> RECORDS SUPPLIED:
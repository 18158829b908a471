//! An entry is retired: it is hidden, then unlinked, and the section word of each CPU is taken as its snapshot.

ghost use Rattle.std.specs.Prelude.{◌≡◌, ◌≤◌, ◌+◌, ◌*◌, List, length};
ghost use Rattle.passive_list.specs.Types.{Entry, Live, Mark, Snapshots};
ghost use Rattle.registry_values.specs.Common.{slot_at};
ghost use Rattle.cpu_words.specs.Common.{AreWordsOf, IsShown};
ghost use Rattle.passive_list.specs.Publishing.{HasDetached, LogsDetach, LogsSnapshots, with_snapshots, AreSnapshots, AreFresh, AreWritten};

use crate::keeper::{Keeper, SlotState, mark_place};
use crate::links::{link_below, slot_above};
use cpu_words::{KeeperSeat, Words, steps};
use registry_values::{Entry, MOST_CPUS, Mark, NO_MARK};

/// Retires the live entry in `slot`: from now on lookups that begin don't find it, and the history ends with its detach. A section that may
/// hold it is one that is open at a snapshot. Returns the entry.
/// Condition: the slot's entry is live.
pub fn retire(words: &Words, keeper: &mut Keeper, slot: u8) -> Entry
    requires words { AreWordsOf words.now keeper.old.words.table keeper.old.words.settings }
    requires live { (e : Entry) × (slot_at keeper.old.keeper.slots slot ≡ Live e) }
    ensures entry { slot_at keeper.old.keeper.slots slot ≡ Live result }
    ensures change { HasDetached keeper.old.keeper slot result keeper.new.keeper }
    ensures log { LogsDetach keeper.old.keeper.view.settings.cpus slot keeper.old.keeper.log keeper.new.keeper.log }
    ensures words { keeper.new.words ≡ keeper.old.words }
{
    let SlotState::Live(entry) = keeper.rows[slot as usize].state else {
        unreachable!()
    };
    steps::hide(words, &mut keeper.seat, slot);
    let slots = keeper.settings.slots;
    let cpus = keeper.settings.cpus;
    let rank = keeper.rows[slot as usize].rank;
    let before = slot_above(&keeper.rows, slots, rank);
    let link = link_below(&keeper.rows, slots, rank);
    steps::unpublish(words, &mut keeper.seat, slot, before, link);
    snapshots(words, &mut keeper.seat, slot, cpus, &mut keeper.marks);
    keeper.rows[slot as usize].state = SlotState::Retired(entry);
    keeper.changes += 1;
    entry
}

/// Takes the snapshots of all CPUs, CPU 0 first, into the slot's marks. All other marks stay.
#[tactic(auto, using(crate::proofs::Marks::none_written, crate::proofs::Marks::none_taken, crate::proofs::Marks::taking_first))]
pub(crate) fn snapshots(
    words: &Words,
    seat: &mut KeeperSeat,
    slot: u8,
    cpus: u8,
    marks: &mut [Mark],
)
    requires table { seat.old.table ≡ words.now.table }
    requires due { seat.old.view.due ≡ Snapshots slot 0 }
    requires fresh { AreFresh seat.old.view slot }
    requires is_shown { IsShown seat.old.view }
    requires fit { (cpus ≡ seat.old.view.settings.cpus) × (1 ≤ cpus) × (cpus ≤ MOST_CPUS) × (cpus ≤ words.now.settings.cpus) }
    requires room { slot * cpus + cpus ≤ length marks.old }
    ensures table { seat.new.table ≡ seat.old.table }
    ensures taken { (row : List Mark) × AreSnapshots cpus row × (seat.new.view ≡ with_snapshots seat.old.view slot row) × AreWritten (slot * cpus) cpus row marks.old marks.new }
    ensures log { LogsSnapshots slot cpus seat.old.log seat.new.log }
    ensures is_shown { IsShown seat.new.view }
{
    for c in 0..cpus {
        let word = steps::snapshot(words, seat, slot, c);
        marks[mark_place(cpus, slot, c)] = Mark {
            snapshot: Some(word),
            ..NO_MARK
        };
    }
}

> ASSIGNMENT: Every entry above should come back exactly as written.

> ANSWER SPACE:
repository 18158829b908a471
//! An entry is retired: it is hidden, then unlinked, and the section word of each CPU is taken as its snapshot.

ghost use Rattle.std.specs.Prelude.{◌≡◌, ◌≤◌, ◌+◌, ◌*◌, List, length};
ghost use Rattle.passive_list.specs.Types.{Entry, Live, Mark, Snapshots};
ghost use Rattle.registry_values.specs.Common.{slot_at};
ghost use Rattle.cpu_words.specs.Common.{AreWordsOf, IsShown};
ghost use Rattle.passive_list.specs.Publishing.{HasDetached, LogsDetach, LogsSnapshots, with_snapshots, AreSnapshots, AreFresh, AreWritten};

use crate::keeper::{Keeper, SlotState, mark_place};
use crate::links::{link_below, slot_above};
use cpu_words::{KeeperSeat, Words, steps};
use registry_values::{Entry, MOST_CPUS, Mark, NO_MARK};

/// Retires the live entry in `slot`: from now on lookups that begin don't find it, and the history ends with its detach. A section that may
/// hold it is one that is open at a snapshot. Returns the entry.
/// Condition: the slot's entry is live.
pub fn retire(words: &Words, keeper: &mut Keeper, slot: u8) -> Entry
    requires words { AreWordsOf words.now keeper.old.words.table keeper.old.words.settings }
    requires live { (e : Entry) × (slot_at keeper.old.keeper.slots slot ≡ Live e) }
    ensures entry { slot_at keeper.old.keeper.slots slot ≡ Live result }
    ensures change { HasDetached keeper.old.keeper slot result keeper.new.keeper }
    ensures log { LogsDetach keeper.old.keeper.view.settings.cpus slot keeper.old.keeper.log keeper.new.keeper.log }
    ensures words { keeper.new.words ≡ keeper.old.words }
{
    let SlotState::Live(entry) = keeper.rows[slot as usize].state else {
        unreachable!()
    };
    steps::hide(words, &mut keeper.seat, slot);
    let slots = keeper.settings.slots;
    let cpus = keeper.settings.cpus;
    let rank = keeper.rows[slot as usize].rank;
    let before = slot_above(&keeper.rows, slots, rank);
    let link = link_below(&keeper.rows, slots, rank);
    steps::unpublish(words, &mut keeper.seat, slot, before, link);
    snapshots(words, &mut keeper.seat, slot, cpus, &mut keeper.marks);
    keeper.rows[slot as usize].state = SlotState::Retired(entry);
    keeper.changes += 1;
    entry
}

/// Takes the snapshots of all CPUs, CPU 0 first, into the slot's marks. All other marks stay.
#[tactic(auto, using(crate::proofs::Marks::none_written, crate::proofs::Marks::none_taken, crate::proofs::Marks::taking_first))]
pub(crate) fn snapshots(
    words: &Words,
    seat: &mut KeeperSeat,
    slot: u8,
    cpus: u8,
    marks: &mut [Mark],
)
    requires table { seat.old.table ≡ words.now.table }
    requires due { seat.old.view.due ≡ Snapshots slot 0 }
    requires fresh { AreFresh seat.old.view slot }
    requires is_shown { IsShown seat.old.view }
    requires fit { (cpus ≡ seat.old.view.settings.cpus) × (1 ≤ cpus) × (cpus ≤ MOST_CPUS) × (cpus ≤ words.now.settings.cpus) }
    requires room { slot * cpus + cpus ≤ length marks.old }
    ensures table { seat.new.table ≡ seat.old.table }
    ensures taken { (row : List Mark) × AreSnapshots cpus row × (seat.new.view ≡ with_snapshots seat.old.view slot row) × AreWritten (slot * cpus) cpus row marks.old marks.new }
    ensures log { LogsSnapshots slot cpus seat.old.log seat.new.log }
    ensures is_shown { IsShown seat.new.view }
{
    for c in 0..cpus {
        let word = steps::snapshot(words, seat, slot, c);
        marks[mark_place(cpus, slot, c)] = Mark {
            snapshot: Some(word),
            ..NO_MARK
        };
    }
}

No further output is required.